Not her parents, her. “You probably don’t remember us, it’s been so long and it was such a mess. But that day the bus was hijacked, and you stopped it from going into the river—we were there. I’m the one with the baby. This is my baby.” She put her hand on the girl’s shoulder, gripping her like a prize.

Of course Celia remembered, and just the mention of the baby brought the scene back: the overheated bus, the baby screaming loud enough to rattle glass, the horrific moment when they all believed they were going to die, the bus launched into the harbor by a homicidal driver. Celia had stopped him.

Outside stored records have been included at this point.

//! Items, one after the other.

ghost use Rattle.std.specs.Prelude.{◌≡◌, ◌<◌, length, map, IfOk, OnOk};
ghost use Rattle.ir_tree.specs.Table.{Table};
ghost use Rattle.ir_tree.specs.Naming.{Grows, name_at};
ghost use Rattle.ir_text.specs.Reading.{Reads, next_is};
ghost use Rattle.ir_text.specs.Named.{known_of, layout_in};
ghost use Rattle.ir_text.specs.MemoryTypes.{AreLaid};
ghost use Rattle.ir_text.specs.Types.{Known};
ghost use Rattle.ir_instr.specs.Defined.{AreNames, AreTypes};
ghost use Rattle.ir_grammar.specs.Items as spec;
ghost use Rattle.ir_grammar.specs.Modules.{nothing_so_far};
ghost use Rattle.ir_grammar.specs.PassedItems as passed;
ghost use Rattle.ir_reader.specs.Gathered.{item_of, so_far_at, gathered, passed_behind, with_next, ItemWithin, SoFarWithin};

use crate::function::{declaration, definition};
use crate::global::{named_type, read_global};
use crate::skipped::{attributes, comdat, metadata, to_string};
use crate::so_far::{Item, SoFar};
use ir_lex::token::{Cause, TokenKind};
use ir_text::cursor::{Cursor, Lexeme};
use ir_text::fault::{Fault, ReadEnd};
use ir_text::layouts::TypeLayouts;
use ir_text::leaves::{bad, is_word, sees};
use ir_text::named::NamedTypes;
use ir_text::operands::sees_local;
use ir_tree::table::Names;

/// Reads a named type.
fn type_item(
    cursor: &mut Cursor<'_>,
    names: &mut Names,
    known: &NamedTypes,
    so_far: &SoFar,
) -> Result<Item, ReadEnd>
    requires { SoFarWithin names.old so_far.now }
    ensures reads { (later : Table) → Grows names.new later → Reads (item_of later) cursor.new result (spec.type_item_at (known_of later known.now) (so_far_at later so_far.now) cursor.old) }
    ensures within { IfOk result (ItemWithin names.new so_far.now.size) }
    ensures grows { Grows names.old names.new }
{
    let named = named_type(cursor, names, known, &so_far.types)?;
    Ok(Item::NamedType(named))
}

/// Reads a global.
fn global_item(
    cursor: &mut Cursor<'_>,
    names: &mut Names,
    known: &NamedTypes,
    layouts: &mut TypeLayouts,
    so_far: &SoFar,
) -> Result<Item, ReadEnd>
    requires so_far { SoFarWithin names.old so_far.now }
    requires laid { AreLaid (layout_in known.now) names.old layouts.old }
    ensures reads { (later : Table) → Grows names.new later → Reads (item_of later) cursor.new result (spec.global_item_at (known_of later known.now) (so_far_at later so_far.now) cursor.old) }
    ensures within { IfOk result (ItemWithin names.new so_far.now.size) }
    ensures laid { OnOk result (AreLaid (layout_in known.now) names.new layouts.new) }
    ensures grows { Grows names.old names.new }
{
    let placed = read_global(cursor, names, known, layouts, &so_far.values, so_far.size)?;
    Ok(Item::Global(placed))
}

/// Reads a declaration, behind its first word.
fn declaration_item(
    cursor: &mut Cursor<'_>,
    names: &mut Names,
    so_far: &SoFar,
) -> Result<Item, ReadEnd>
    requires { SoFarWithin names.old so_far.now }
    ensures reads { (later : Table) (known : Known) → Grows names.new later → Reads (item_of later) cursor.new result (spec.declaration_item_at known (so_far_at later so_far.now) cursor.old) }
    ensures within { IfOk result (ItemWithin names.new so_far.now.size) }
    ensures grows { Grows names.old names.new }
{
    let function = declaration(cursor, names, &so_far.values)?;
    Ok(Item::Function(function))
}

/// Reads a definition, behind its first word.
fn definition_item(
    cursor: &mut Cursor<'_>,
    names: &mut Names,
    known: &NamedTypes,
    layouts: &mut TypeLayouts,
    so_far: &SoFar,
) -> Result<Item, ReadEnd>
    requires so_far { SoFarWithin names.old so_far.now }
    requires types { AreTypes names.old known.now }
    requires laid { AreLaid (layout_in known.now) names.old layouts.old }
    ensures reads { (later : Table) → Grows names.new later → Reads (item_of later) cursor.new result (spec.definition_item_at (known_of later known.now) (so_far_at later so_far.now) cursor.old) }
    ensures within { IfOk result (ItemWithin names.new so_far.now.size) }
    ensures laid { OnOk result (AreLaid (layout_in known.now) names.new layouts.new) }
    ensures grows { Grows names.old names.new }
{
    let function = definition(cursor, names, known, layouts, &so_far.values)?;
    Ok(Item::Function(function))
}

/// Passes over an item that begins with a word which names nothing, behind that word. Another word begins no item.
fn passed_item(cursor: &mut Cursor<'_>, first: &Lexeme<'_>) -> Result<(), ReadEnd>
    ensures { Reads (λ x. x) cursor.new result (passed_behind first.now cursor.old) }
{
    if is_word(first, b"source_filename") || is_word(first, b"target") {
        return to_string(cursor);
    }
    if is_word(first, b"attributes") {
        return attributes(cursor);
    }
    Err(bad(cursor.alloc(), first, Cause::Instruction))
}

/// Reads an item that begins with a word.
fn worded_item(
    cursor: &mut Cursor<'_>,
    names: &mut Names,
    known: &NamedTypes,
    layouts: &mut TypeLayouts,
    so_far: &SoFar,
) -> Result<Item, ReadEnd>
    requires so_far { SoFarWithin names.old so_far.now }
    requires types { AreTypes names.old known.now }
    requires laid { AreLaid (layout_in known.now) names.old layouts.old }
    ensures reads { (later : Table) → Grows names.new later → Reads (item_of later) cursor.new result (spec.worded_item_at (known_of later known.now) (so_far_at later so_far.now) cursor.old) }
    ensures within { IfOk result (ItemWithin names.new so_far.now.size) }
    ensures laid { OnOk result (AreLaid (layout_in known.now) names.new layouts.new) }
    ensures grows { Grows names.old names.new }
{
    names.is_table();
    let first = match cursor.next() {
        None => return Err(ReadEnd::Bad(Fault::Ended)),
        Some(first) => first,
    };
    if is_word(&first, b"define") {
        return definition_item(cursor, names, known, layouts, so_far);
    }
    if is_word(&first, b"declare") {
        return declaration_item(cursor, names, so_far);
    }
    passed_item(cursor, &first)?;
    Ok(Item::Passed)
}

/// Reads an item that begins with no name.
fn marked_item(
    cursor: &mut Cursor<'_>,
    names: &mut Names,
    known: &NamedTypes,
    layouts: &mut TypeLayouts,
    so_far: &SoFar,
) -> Result<Item, ReadEnd>
    requires so_far { SoFarWithin names.old so_far.now }
    requires types { AreTypes names.old known.now }
    requires laid { AreLaid (layout_in known.now) names.old layouts.old }
    ensures reads { (later : Table) → Grows names.new later → Reads (item_of later) cursor.new result (spec.marked_item_at (known_of later known.now) (so_far_at later so_far.now) cursor.old) }
    ensures within { IfOk result (ItemWithin names.new so_far.now.size) }
    ensures laid { OnOk result (AreLaid (layout_in known.now) names.new layouts.new) }
    ensures grows { Grows names.old names.new }
{
    if sees(cursor, b'!') {
        metadata(cursor)?;
        return Ok(Item::Passed);
    }
    if sees(cursor, b'$') {
        comdat(cursor)?;
        return Ok(Item::Passed);
    }
    worded_item(cursor, names, known, layouts, so_far)
}

/// Whether `@` and a name come next.
#[tactic(auto, unfolding(ir_text::specs::Reading::next_is))]
fn sees_global(cursor: &Cursor<'_>) -> bool
    ensures { result ≡ next_is spec.is_global cursor.now }
{
    match cursor.peek() {
        None => false,
        Some(lexeme) => match lexeme.kind() {
            TokenKind::GlobalName => true,
            _ => false,
        },
    }
}

/// Reads an item behind those so far.
fn read_item(
    cursor: &mut Cursor<'_>,
    names: &mut Names,
    known: &NamedTypes,
    layouts: &mut TypeLayouts,
    so_far: &SoFar,
) -> Result<Item, ReadEnd>
    requires so_far { SoFarWithin names.old so_far.now }
    requires types { AreTypes names.old known.now }
    requires laid { AreLaid (layout_in known.now) names.old layouts.old }
    ensures reads { (later : Table) → Grows names.new later → Reads (item_of later) cursor.new result (spec.item_at (known_of later known.now) (so_far_at later so_far.now) cursor.old) }
    ensures within { IfOk result (ItemWithin names.new so_far.now.size) }
    ensures laid { OnOk result (AreLaid (layout_in known.now) names.new layouts.new) }
    ensures grows { Grows names.old names.new }
{
    names.is_table();
    if sees_local(cursor) {
        return type_item(cursor, names, known, so_far);
    }
    if sees_global(cursor) {
        return global_item(cursor, names, known, layouts, so_far);
    }
    marked_item(cursor, names, known, layouts, so_far)
}

/// Reads an item, and adds it to those so far.
fn add_item(
    cursor: &mut Cursor<'_>,
    names: &mut Names,
    known: &NamedTypes,
    layouts: &mut TypeLayouts,
    so_far: &mut SoFar,
) -> Result<(), ReadEnd>
    requires so_far { SoFarWithin names.old so_far.old }
    requires types { AreTypes names.old known.now }
    requires laid { AreLaid (layout_in known.now) names.old layouts.old }
    ensures reads { (later : Table) → Grows names.new later → Reads (λ x. so_far_at later so_far.new) cursor.new result (with_next (spec.item_at (known_of later known.now)) (so_far_at later so_far.old) cursor.old) }
    ensures within { OnOk result (SoFarWithin names.new so_far.new) }
    ensures laid { OnOk result (AreLaid (layout_in known.now) names.new layouts.new) }
    ensures grows { Grows names.old names.new }
{
    let item = read_item(cursor, names, known, layouts, so_far)?;
    so_far.add(names, item)?;
    Ok(())
}

/// Reads all items, among these named types of the whole text.
pub fn read_items(
    cursor: &mut Cursor<'_>,
    names: &mut Names,
    known: &NamedTypes,
) -> Result<SoFar, ReadEnd>
    requires { AreTypes names.old known.now }
    ensures reads { (later : Table) → Grows names.new later → Reads (so_far_at later) cursor.new result (gathered nothing_so_far (spec.items_at (known_of later known.now) cursor.old)) }
    ensures within { IfOk result (SoFarWithin names.new) }
    ensures grows { Grows names.old names.new }
{
    let mut layouts = TypeLayouts::new(cursor.alloc());
    let mut so_far = SoFar::new(cursor.alloc());
    for turn in 0..cursor.len() {
        if cursor.len() == 0 {
            return Ok(so_far);
        }
        add_item(cursor, names, known, &mut layouts, &mut so_far)?;
    }
    Ok(so_far)
}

Killed him, actually, but no one seemed to mind that part. The faint scar on her forehead from her own injuries twinged at the memory.

The girl, a skinny thing who hadn’t grown into herself yet, smiled awkwardly and looked both embarrassed and awestruck. “You saved us,” the mother said, tearfully. “You saved us.”

Celia had hugged them both. The girl was just a few years older than Anna, and she was alive because of Celia. For a moment, she understood her father a little better.

*   *   *

When she got back to her office, she found a message waiting from Director Benitez at Elmwood. Please call back, no details. This was almost certainly about Anna. Celia checked the time—the kids should be getting home from school soon. Steeling herself, she called the director.

“Hello, Ms. West? Thank you so much for returning my call. I wanted to talk to you about Anna.”

“Yes, I expected that you would,” Celia said. “What’s the problem now?”

“She fell asleep in two different class periods today. If it had only happened once, I wouldn’t worry, I know how teens are. But this really isn’t like her. Ms. West, I’m sorry for asking this—but is everything all right at home?”

No, it wasn’t. Of course it wasn’t. Might not ever be again. But she couldn’t say that to this woman. “I appreciate your concern, Ms. Benetiz, really I do. I’ll talk to her, I promise.”

Celia could hear frustration in the director’s reply. “Yes, I’m sure you will, but there’s only so much a simple talk can do, if the underlying issues aren’t resolved.”

“What do you suggest then, Ms. Benitez?”

“Have you considered counseling for Anna? She comes from a high-profile family, and I’m afraid she may be finding ways to act out in response to that.”

Oh, honey, you haven’t
seen
acting out. More polite, she said, “You may be right. I’ll definitely consider it and speak with her father about it. Thank you very much for calling.” She hoped the dismissal was obvious, and sure enough, the director signed off, and Celia sighed.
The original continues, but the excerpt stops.